[Stored data]
::::::::::
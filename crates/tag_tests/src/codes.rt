//! `code_table`: the standard table, and tables that responses to `/content-codes` state.

use crate::tables::{code_of, entry, standard, tag};
use code_table::{CodeError, CodeTable};
use dmap_tags::{Code, Kind, Tag, Tags, Value, leaf};
use std::alloc::{AllocError, Global};
use std::process::Abort;
use std::test::Fail;

/// A code with the code of the list around it, and the kind of its values.
type KindOf = (Option<&'static [u8; 4]>, &'static [u8; 4], Kind);

fn has_kinds(rt: &impl Abort, table: &CodeTable, rows: &[KindOf]) {
    for (around, code, kind) in rows {
        let around = match around {
            Some(list) => Some(code_of(*list)),
            None => None,
        };
        assert_eq!(rt; table.kind_of(around, code_of(*code)), *kind);
    }
}

const STANDARD_KINDS: [KindOf; 4] = [
    (None, b"mper", Kind::U64),
    (None, b"mlit", Kind::List),
    (Some(b"abgn"), b"mlit", Kind::Text),
    (Some(b"abgn"), b"zzzz", Kind::Opaque),
];

#[test]
fn the_standard_table_has_the_published_codes(rt: HostRuntime) -> Result<(), Fail> {
    let table = standard(rt.alloc())?.copy()?;
    assert_eq!(rt; table.rows().len(), 73);
    assert!(rt;
        matches!(table.rows(), [first, .., last]
        if first.copy()?.name.as_str() == "dmap.status" && last.code == Code(*b"asdm"))
    );
    has_kinds(&rt, &table, &STANDARD_KINDS);
    assert_eq!(rt; table.by_name("daap.songtime"), Some(Code(*b"astm")));
    assert_eq!(rt; table.by_name("no.such"), None);
    Ok(())
}

#[test]
fn a_tag_fits_if_its_values_have_the_kinds(rt: HostRuntime) -> Result<(), Fail> {
    let table = standard(rt.alloc())?;
    let short = leaf(rt.alloc(), Kind::U32, &[0, 0, 1])?;
    assert!(rt; table.fits(None, &tag(Code(*b"miid"), short)));
    let whole = leaf(rt.alloc(), Kind::Opaque, &[0, 0, 0, 1])?;
    assert!(rt; !table.fits(None, &tag(Code(*b"miid"), whole)));
    let mut members = Tags::new(rt.alloc());
    members.push(tag(Code(*b"miid"), Value::U32(1)))?;
    let list = tag(Code(*b"mlit"), Value::List(members.copy()?));
    assert!(rt; !table.fits(Some(Code(*b"abar")), &list));
    Ok(())
}

/// Returns the table that a response states, or the error if it states none.
fn table_of(alloc: Global, response: &Tag) -> Result<CodeTable, CodeError> {
    CodeTable::from_reply(alloc, response)
}

const ZZZZ_IS_U16: [KindOf; 1] = [(None, b"zzzz", Kind::U16)];

/// Returns the table of the response for the standard table.
fn standard_again(alloc: Global) -> Result<CodeTable, CodeError> {
    let response = standard(alloc)?.reply()?;
    table_of(alloc, &response)
}

#[test]
fn the_standard_table_is_read_from_its_response(rt: HostRuntime) -> Result<(), Fail> {
    let learned = standard_again(rt.alloc())?;
    assert_eq!(rt; learned.rows().len(), 73);
    assert_eq!(rt; learned.by_name("dmap.itemname"), Some(Code(*b"minm")));
    Ok(())
}

#[test]
fn a_response_is_read_as_the_table_that_it_states(rt: HostRuntime) -> Result<(), Fail> {
    let response = response_of(rt.alloc(), &[Member::Status, Member::Entry])?;
    let other = table_of(rt.alloc(), &response)?;
    has_kinds(&rt, &other, &ZZZZ_IS_U16);
    assert_eq!(rt; other.by_name("test.value"), Some(Code(*b"zzzz")));
    Ok(())
}

/// A member of a response.
#[derive(Clone, Copy)]
enum Member {
    Status,
    /// An entry for the code `zzzz`.
    Entry,
    /// A number under an entry's code.
    Leaf,
}

fn tag_of(alloc: Global, member: Member) -> Result<Tag, AllocError> {
    match member {
        Member::Status => Ok(tag(Code(*b"mstt"), Value::U32(200))),
        Member::Entry => entry(alloc, b"zzzz", "test.value", 3),
        Member::Leaf => Ok(tag(Code(*b"mdcl"), Value::U32(3))),
    }
}

/// Returns a response with these members.
fn response_of(alloc: Global, members: &[Member]) -> Result<Tag, AllocError> {
    let mut tags = Tags::new(alloc);
    for member in members {
        tags.push(tag_of(alloc, *member)?)?;
    }
    Ok(tag(Code(*b"mccr"), Value::List(tags)))
}

/// Members of a response that state no table, with the reason.
const NO_TABLE: [(&[Member], CodeError); 4] = [
    (&[Member::Leaf], CodeError::Entry { index: 0 }),
    (
        &[Member::Status, Member::Leaf],
        CodeError::Entry { index: 1 },
    ),
    (
        &[Member::Entry, Member::Status, Member::Entry, Member::Leaf],
        CodeError::Repeated { index: 2 },
    ),
    (
        &[Member::Entry, Member::Leaf, Member::Entry],
        CodeError::Entry { index: 1 },
    ),
];

fn state_no_table(
    rt: &impl Abort,
    alloc: Global,
    cases: &[(&[Member], CodeError)],
) -> Result<(), Fail> {
    for (members, error) in cases {
        let refused = table_of(alloc, &response_of(alloc, *members)?).err();
        assert_eq!(rt; refused, Some(*error));
    }
    Ok(())
}

#[test]
fn a_member_that_states_no_row_is_named_by_its_index(rt: HostRuntime) -> Result<(), Fail> {
    state_no_table(&rt, rt.alloc(), &NO_TABLE)
}

#[test]
fn only_a_list_of_content_codes_states_a_table(rt: HostRuntime) -> Result<(), Fail> {
    let leaf = tag(Code(*b"mccr"), Value::U32(200));
    assert_eq!(rt;
        table_of(rt.alloc(), &leaf).err(),
        Some(CodeError::NotReply)
    );
    Ok(())
}
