//! Tags and tables of content codes that the other modules use.

use code_table::{CodeError, CodeTable};
use dmap_tags::{Code, Tag, Tags, Text, Value};
use std::alloc::{AllocError, Global};

pub(crate) fn tag(code: Code, value: Value) -> Tag {
    Tag { code, value }
}

pub(crate) fn code_of(bytes: &[u8; 4]) -> Code {
    let [a, b, c, d] = *bytes;
    Code([a, b, c, d])
}

/// Returns the standard table. It has no clauses, so that a test's proof carries no 73 rows.
pub(crate) fn standard(alloc: Global) -> Result<CodeTable, AllocError> {
    CodeTable::standard(alloc)
}

/// Returns the entry of a response to `/content-codes` for a code, with a name and the number of a kind.
pub(crate) fn entry(
    alloc: Global,
    code: &[u8; 4],
    name: &str,
    number: u16,
) -> Result<Tag, AllocError> {
    let mut parts = Tags::new(alloc);
    parts.push(tag(Code(*b"mcnm"), Value::U32(u32::from_be_bytes(*code))))?;
    parts.push(tag(Code(*b"mcna"), Value::Text(Text::of(alloc, name)?)))?;
    parts.push(tag(Code(*b"mcty"), Value::U16(number)))?;
    Ok(tag(Code(*b"mdcl"), Value::List(parts)))
}

/// A code of each kind, with the number of the kind.
const OF_EACH_KIND: [(&[u8; 4], u16); 13] = [
    (b"zzzz", 3),
    (b"zzz1", 1),
    (b"zzz2", 2),
    (b"zzz3", 3),
    (b"zzz4", 4),
    (b"zzz5", 5),
    (b"zzz6", 6),
    (b"zzz7", 7),
    (b"zzz8", 8),
    (b"zzz9", 9),
    (b"zzza", 10),
    (b"zzzb", 11),
    (b"zzzc", 12),
];

fn table_of(alloc: Global, codes: &[(&[u8; 4], u16)]) -> Result<CodeTable, CodeError> {
    let mut members = Tags::new(alloc);
    for (code, number) in codes {
        members.push(entry(alloc, *code, "test.value", *number)?)?;
    }
    CodeTable::from_reply(alloc, &tag(Code(*b"mccr"), Value::List(members)))
}

/// Returns the table of a response that has a code of each kind.
pub(crate) fn learned(alloc: Global) -> Result<CodeTable, CodeError> {
    table_of(alloc, &OF_EACH_KIND)
}
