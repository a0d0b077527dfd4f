//! `dmap_json`: tags of a learned table, by the lines that show them, with their JSON texts, and texts with the errors
//! that they get.

use crate::tables::{learned, standard, tag};
use code_table::CodeTable;
use dmap_json::{JsonError, from_json, to_json};
use dmap_show::{read_show, show};
use dmap_tags::{Code, Tags, Text, Value};
use std::alloc::{AllocError, Global};
use std::process::Abort;
use std::test::Fail;

/// Lines of a tag, and its JSON text.
type Pair = (&'static str, &'static str);

/// Tags of the learned table.
const LEARNED: [Pair; 5] = [
    (
        "zzz1 u8 255\n",
        "{\"code\":\"zzz1\",\"kind\":\"u8\",\"value\":255}",
    ),
    (
        "zzz2 i8 -128\n",
        "{\"code\":\"zzz2\",\"kind\":\"i8\",\"value\":-128}",
    ),
    (
        "zzz4 i16 -1\n",
        "{\"code\":\"zzz4\",\"kind\":\"i16\",\"value\":-1}",
    ),
    (
        "zzz7 u64 18446744073709551615\n",
        "{\"code\":\"zzz7\",\"kind\":\"u64\",\"value\":18446744073709551615}",
    ),
    (
        "zzzc list\n",
        "{\"code\":\"zzzc\",\"kind\":\"list\",\"value\":[]}",
    ),
];

/// Texts that are not JSON.
const NO_JSON: [&str; 5] = ["", "{", "{\"code\":\"miid\"}x", "\"\\ud800\"", "1e999"];

/// Texts that are refused at their first value.
const NO_TAG: [&str; 12] = [
    "7",
    "{}",
    "{\"code\":\"miid\",\"kind\":\"u32\"}",
    "{\"code\":\"miid\",\"kind\":\"u32\",\"value\":7,\"x\":0}",
    "{\"code\":7,\"kind\":\"u32\",\"value\":7}",
    "{\"code\":\"x6d696964\",\"kind\":\"u32\",\"value\":7}",
    "{\"code\":\"miid\",\"kind\":\"date\",\"value\":7}",
    "{\"code\":\"miid\",\"kind\":\"opaque\",\"value\":\"00000001\"}",
    "{\"code\":\"miid\",\"kind\":\"u32\",\"value\":-1}",
    "{\"code\":\"miid\",\"kind\":\"u32\",\"value\":7.0}",
    "{\"code\":\"minm\",\"kind\":\"opaque\",\"value\":\"FF\"}",
    "{\"code\":\"mlcl\",\"kind\":\"list\",\"value\":\"\"}",
];

/// Returns the lines of the tag that a text reads as.
fn lines_of(alloc: Global, table: &CodeTable, json: &str) -> Result<Text, Fail> {
    let tag = from_json(alloc, json, table)?;
    Ok(show(alloc, &[tag])?)
}

/// Checks that each text reads as the tag of its lines.
fn all_are_read(
    rt: &impl Abort,
    alloc: Global,
    table: &CodeTable,
    pairs: &[Pair],
) -> Result<(), Fail> {
    for pair in pairs {
        let lines = lines_of(alloc, table, pair.1)?;
        assert_eq!(rt; lines.as_str(), pair.0);
    }
    Ok(())
}

/// Checks that each tag of these lines is written as its text.
fn all_are_written(
    rt: &impl Abort,
    alloc: Global,
    table: &CodeTable,
    pairs: &[Pair],
) -> Result<(), Fail> {
    for pair in pairs {
        let tags = read_show(alloc, pair.0, table)?;
        for tag in tags.as_slice() {
            let text = to_json(alloc, tag, table)?;
            assert_eq!(rt; text.as_str(), pair.1);
        }
    }
    Ok(())
}

/// Checks that each text is refused with this error.
fn all_are_refused(
    rt: &impl Abort,
    alloc: Global,
    table: &CodeTable,
    texts: &[&str],
    error: &JsonError,
) -> Result<(), Fail> {
    for text in texts {
        match from_json(alloc, text, table) {
            Ok(_) => panic!(rt; "{text} is read"),
            Err(cause) => assert!(rt; cause == *error),
        }
    }
    Ok(())
}

/// Returns the text of `levels` lists, each in the one before.
fn nested(alloc: Global, levels: u32) -> Result<String, AllocError> {
    let mut text = String::new(alloc);
    for _ in 0..levels {
        text.push_str("{\"code\":\"mlcl\",\"kind\":\"list\",\"value\":[")?;
    }
    for _ in 0..levels {
        text.push_str("]}")?;
    }
    Ok(text)
}

/// Returns the error of a text.
fn refusal(alloc: Global, table: &CodeTable, text: &str) -> Option<JsonError> {
    from_json(alloc, text, table).err()
}

#[test]
fn tags_of_each_kind_go_there_and_back(rt: HostRuntime) -> Result<(), Fail> {
    let alloc = rt.alloc();
    let table = learned(alloc)?;
    all_are_written(&rt, alloc, &table, &LEARNED)?;
    all_are_read(&rt, alloc, &table, &LEARNED)
}

/// A list whose first member is a tag, whose second has a value outside its kind, and whose third is not an object.
const BAD_MEMBERS: &str =
    "{\"code\":\"mlog\",\"kind\":\"list\",\"value\":[{\"code\":\"mlcl\",\"kind\":\"list\",\"value\":[{\"code\":\"mstt\",\"kind\":\"u32\",\"value\":1}]},{\"code\":\"mlid\",\"kind\":\"u32\",\"value\":-1},7]}";

#[test]
fn other_texts_are_refused_at_their_first_error(rt: HostRuntime) -> Result<(), Fail> {
    let alloc = rt.alloc();
    let table = standard(alloc)?;
    all_are_refused(&rt, alloc, &table, &NO_JSON, &JsonError::Syntax)?;
    all_are_refused(&rt, alloc, &table, &NO_TAG, &JsonError::Shape { index: 0 })?;
    let third = refusal(alloc, &table, BAD_MEMBERS);
    assert!(rt; third == Some(JsonError::Shape { index: 3 }));
    Ok(())
}

/// Returns the text of a list around the tag that a text reads as, or the error of writing it.
fn written_deeper(alloc: Global, table: &CodeTable, text: &str) -> Result<Text, JsonError> {
    let mut members = Tags::new(alloc);
    members.push(from_json(alloc, text, table)?)?;
    to_json(alloc, &tag(Code(*b"mlcl"), Value::List(members)), table)
}

#[test]
fn a_tag_has_32_levels_at_most(rt: HostRuntime) -> Result<(), Fail> {
    let alloc = rt.alloc();
    let table = standard(alloc)?;
    let text = nested(alloc, 32)?;
    assert!(rt; written_deeper(alloc, &table, text.as_str()).err() == Some(JsonError::Unfit));
    let deep = refusal(alloc, &table, nested(alloc, 33)?.as_str());
    assert!(rt; deep == Some(JsonError::Shape { index: 32 }));
    Ok(())
}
::::::::::
#### [Problem]
What number of lines above include the string "const"? State it and nothing else.

#### [Result of this task]
8